* WORK ITEM
Write out the data again in full, keeping every character the same.

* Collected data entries
ghost use Rattle.std.specs.Prelude.{IfOk, IfErr, length};
ghost use Rattle.std.specs.Str.Lines.{lines};
ghost use Rattle.cwr_grammar.specs.File.{File, IsFile};
ghost use Rattle.cwr_grammar.specs.Submitted.{IsSubmission, IsBounded, IsRefusal};

use crate::file_reader::FileReader;
use crate::lines::first_line_near;
use crate::refusal::FileRefusal;
use crate::transactions::Transactions;
use cwr_record::Header;
use std::alloc::{Allocator, Global};

/// A well-formed file, whose bytes it borrows.
#[derive_where(Debug)]
#[derive(Drop)]
pub struct Submission<'a, A: Allocator = Global> {
    /// The file's head, HDR.
    pub header: Header,
    /// The transactions of all groups, in the order of the file.
    pub transactions: Transactions<'a, A>,
    /// How many groups the file has.
    pub groups: u32,
    /// How many records the file has, its header and its trailer included.
    pub records: u32,
}

/// Reads a file: an HDR line, groups and a TRL line, each group a GRH line, transactions and a GRT line.
///
/// Of a well-formed file it returns the header, the transactions and the counts. Group ids have at most five digits,
/// and sequences at most eight. A transaction has at least one line. The transactions together have at most half as
/// many lines as the file has bytes. No byte of the sender is below 32.
///
/// Of any other file it returns the first fault: that of the first faulty line, and of that line's faults the least.
///
/// The bytes are gone over once. Memory is asked for only for the spans of the transactions. A refusal of memory says
/// nothing about the file.
///
/// # Examples
///
/// ```rust
/// let file = parse_file(alloc, text)?;
/// same("the sender", &file.header.sender, b"PB000000123")?;
/// let transaction = file.transactions.get(0).ok_or("no transaction")?;
/// for line in transaction.lines() {
///     println!(rt; "{} bytes", line.len())?;
/// }
/// ```
pub fn parse_file<'a, A: Allocator>(
    alloc: A,
    bytes: &'a [u8],
) -> Result<Submission<'a, A>, FileRefusal>
    ensures found { IfOk result (λ s. (f : File) × IsFile (lines bytes.now) f × IsSubmission f s.header s.transactions s.groups s.records) }
    ensures bounds { IfOk result (λ s. IsBounded (length bytes.now) s.header s.transactions) }
    ensures fault { IfErr result (IsRefusal (lines bytes.now)) }
{
    let mut reader = FileReader::new();
    let mut spans = Vec::new(alloc);
    let mut current = None;
    let mut at = 0;
    while let Some(line) = first_line_near(&bytes[at..], 0) {
        current = reader.place_line(&mut spans, current, at, &line)?;
        at += line.size;
    }
    let envelope = reader.envelope()?;
    Ok(Submission {
        header: envelope.header,
        transactions: Transactions { bytes, spans },
        groups: envelope.groups,
        records: envelope.records,
    })
}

* ANSWER AREA
ghost use Rattle.std.specs.Prelude.{IfOk, IfErr, length};
ghost use Rattle.std.specs.Str.Lines.{lines};
ghost use Rattle.cwr_grammar.specs.File.{File, IsFile};
ghost use Rattle.cwr_grammar.specs.Submitted.{IsSubmission, IsBounded, IsRefusal};

use crate::file_reader::FileReader;
use crate::lines::first_line_near;
use crate::refusal::FileRefusal;
use crate::transactions::Transactions;
use cwr_record::Header;
use std::alloc::{Allocator, Global};

/// A well-formed file, whose bytes it borrows.
#[derive_where(Debug)]
#[derive(Drop)]
pub struct Submission<'a, A: Allocator = Global> {
    /// The file's head, HDR.
    pub header: Header,
    /// The transactions of all groups, in the order of the file.
    pub transactions: Transactions<'a, A>,
    /// How many groups the file has.
    pub groups: u32,
    /// How many records the file has, its header and its trailer included.
    pub records: u32,
}

/// Reads a file: an HDR line, groups and a TRL line, each group a GRH line, transactions and a GRT line.
///
/// Of a well-formed file it returns the header, the transactions and the counts. Group ids have at most five digits,
/// and sequences at most eight. A transaction has at least one line. The transactions together have at most half as
/// many lines as the file has bytes. No byte of the sender is below 32.
///
/// Of any other file it returns the first fault: that of the first faulty line, and of that line's faults the least.
///
/// The bytes are gone over once. Memory is asked for only for the spans of the transactions. A refusal of memory says
/// nothing about the file.
///
/// # Examples
///
/// ```rust
/// let file = parse_file(alloc, text)?;
/// same("the sender", &file.header.sender, b"PB000000123")?;
/// let transaction = file.transactions.get(0).ok_or("no transaction")?;
/// for line in transaction.lines() {
///     println!(rt; "{} bytes", line.len())?;
/// }
/// ```
pub fn parse_file<'a, A: Allocator>(
    alloc: A,
    bytes: &'a [u8],
) -> Result<Submission<'a, A>, FileRefusal>
    ensures found { IfOk result (λ s. (f : File) × IsFile (lines bytes.now) f × IsSubmission f s.header s.transactions s.groups s.records) }
    ensures bounds { IfOk result (λ s. IsBounded (length bytes.now) s.header s.transactions) }
    ensures fault { IfErr result (IsRefusal (lines bytes.now)) }
{
    let mut reader = FileReader::new();
    let mut spans = Vec::new(alloc);
    let mut current = None;
    let mut at = 0;
    while let Some(line) = first_line_near(&bytes[at..], 0) {
        current = reader.place_line(&mut spans, current, at, &line)?;
        at += line.size;
    }
    let envelope = reader.envelope()?;
    Ok(Submission {
        header: envelope.header,
        transactions: Transactions { bytes, spans },
        groups: envelope.groups,
        records: envelope.records,
    })
}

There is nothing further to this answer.